Required Skill/ability 1: Demonstrated experience working as a Data Manager for an industry Sponsor or CRO or ARO managing FDA and/or EMA-regulated clinical trials. Extensive experience in all facets of study start-up/activation, on-going management of multiple protocols, study close-out, and regulatory submission. Ability to manage and lead a team.
Required Skill/ability 2: Demonstrated experience with EDC, CTMS, and eTMF systems. Knowledge of 21 CFR Part 11 requirements.
Required Skill/ability 3: Demonstrated experience in creating database specifications and building studies in one or more Electronic Data Capture (EDC) systems (e.g. Medidata Rave, Oracle InForm, IBM Clinical Development, Medrio, REDCap, etc.)
Required Skill/ability 4: Comprehensive technical knowledge of FDA and EMA clinical data standards and regulations, data management practices (GCDMP), and medical coding (MedDRA, WHODrug). Knowledge of SDTM data standards (CDASH, SDTM, ADaM).
Required Skill/ability 5: Demonstrated experience with project management and computer validation projects. Professionalism, maturity, good judgment, and ability to work with confidential material. The ability to work remotely; including an adequate workspace with internet access.
Work Week: Standard (M-F equal number of hours per day)

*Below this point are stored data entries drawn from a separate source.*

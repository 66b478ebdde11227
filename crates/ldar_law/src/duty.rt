ghost use Rattle.std.specs.Prelude.{◌≡◌};
ghost use Rattle.ldar_law.specs.Duties.{is_listed as says_listed};

use crate::numbers::LISTED_DAYS;
use fact_kinds::Key;
use ldar_days::Day;

/// Something that must be done at a component.
#[derive(Clone, Copy, Debug, PartialEq, Eq)]
pub struct Duty {
    pub component: u16,
    /// One of `CAUSE_FIRST` to `CAUSE_EVIDENCE`.
    pub cause: u8,
    pub due: Day,
    /// The fact that met the duty.
    pub met: Option<Key>,
}

/// Whether a duty belongs on the list of a day (our own rule): its period, from the first day to the due day, contains
/// the day, or it is not met and was due at most 366 days before.
pub fn is_listed(day: Day, first: Day, due: Day, unmet: bool) -> bool
    ensures value { result ≡ says_listed day first due unmet }
{
    first <= day && (day <= due || (unmet && day.number() <= due.number() + LISTED_DAYS))
}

Posting Position Title: Project Manager
University Job Title: Assistant Director of Clinical Data Management
Bachelor's Degree in a related field and five years of related, demonstrated work experience or equivalent combination of education and demonstrated experience.
Yale University is an American private Ivy League research university located in New Haven, Connecticut. Founded in 1701 in the Colony of Connecticut, the university is the third-oldest institution of higher education in the United States.